§ **TASK OBJECTIVE**:
Exactly how many lines in the listing contain "that"? Respond with the number and nothing more.

§ **THE RECORDS**:
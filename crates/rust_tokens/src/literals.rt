//! The ends of characters and lifetimes, and the kinds of comments.

ghost use Rattle.std.specs.Prelude.{◌≡◌, chars, option_map};
ghost use Rattle.rust_tokens.specs.Characters.{after_char, after_escape, after_name};
ghost use Rattle.rust_tokens.specs.Characters.{after_raw_name, unless_apostrophe};
ghost use Rattle.rust_tokens.specs.Comments.{block_kind, line_kind};

use crate::kinds::Kind;
use crate::texts::{Class, after_run, begins, is_char_content, is_id_start, split_first, strip};

/// Returns the kind of a line comment, by the text after its `//`.
pub fn line_kind(text: &str) -> Kind
    ensures { result ≡ line_kind (chars text.now) }
{
    let Some((c, rest)) = split_first(text) else {
        return Kind::LineComment;
    };
    if c == '!' {
        Kind::InnerLineDoc
    } else if c == '/' && !begins(rest, Class::Slash) {
        Kind::OuterLineDoc
    } else {
        Kind::LineComment
    }
}

/// Returns the kind of a block comment, by the text after its `/*`.
pub fn block_kind(text: &str) -> Kind
    ensures { result ≡ block_kind (chars text.now) }
{
    let Some((c, rest)) = split_first(text) else {
        return Kind::BlockComment;
    };
    if c == '!' {
        Kind::InnerBlockDoc
    } else if c == '*' && !begins(rest, Class::StarOrSlash) {
        Kind::OuterBlockDoc
    } else {
        Kind::BlockComment
    }
}

/// Returns the rest after an escape and an apostrophe, from after the backslash on, or `None`.
fn after_escape(text: &str) -> Option<&str>
    ensures { option_map (λ r. chars r.now) result ≡ after_escape (chars text.now) }
{
    let Some((_, rest)) = split_first(text) else {
        return None;
    };
    strip(after_run(rest, Class::Escape), '\'')
}

/// Returns the rest after a character literal, from after its first apostrophe on, or `None` if
/// there is none.
pub fn after_char(text: &str) -> Option<&str>
    ensures { option_map (λ r. chars r.now) result ≡ after_char (chars text.now) }
{
    let Some((c, rest)) = split_first(text) else {
        return None;
    };
    if c == '\\' {
        return after_escape(rest);
    }
    if is_char_content(c) {
        return strip(rest, '\'');
    }
    None
}

/// Returns the text, or `None` if it begins with an apostrophe.
fn unless_apostrophe(text: &str) -> Option<&str>
    ensures { option_map (λ r. chars r.now) result ≡ unless_apostrophe (chars text.now) }
{
    if begins(text, Class::Apostrophe) {
        None
    } else {
        Some(text)
    }
}

/// Returns the rest after a word that no apostrophe follows, or `None`.
pub fn after_name(text: &str) -> Option<&str>
    ensures { option_map (λ r. chars r.now) result ≡ after_name (chars text.now) }
{
    let Some((c, rest)) = split_first(text) else {
        return None;
    };
    if is_id_start(c) {
        return unless_apostrophe(after_run(rest, Class::Continue));
    }
    None
}

/// Returns the rest after `r#` and a word that no apostrophe follows, or `None`.
pub fn after_raw_name(text: &str) -> Option<&str>
    ensures { option_map (λ r. chars r.now) result ≡ after_raw_name (chars text.now) }
{
    let Some((c, rest)) = split_first(text) else {
        return None;
    };
    let Some((d, more)) = split_first(rest) else {
        return None;
    };
    if c == 'r' && d == '#' {
        return after_name(more);
    }
    None
}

§ **YOUR SOLUTION**:
2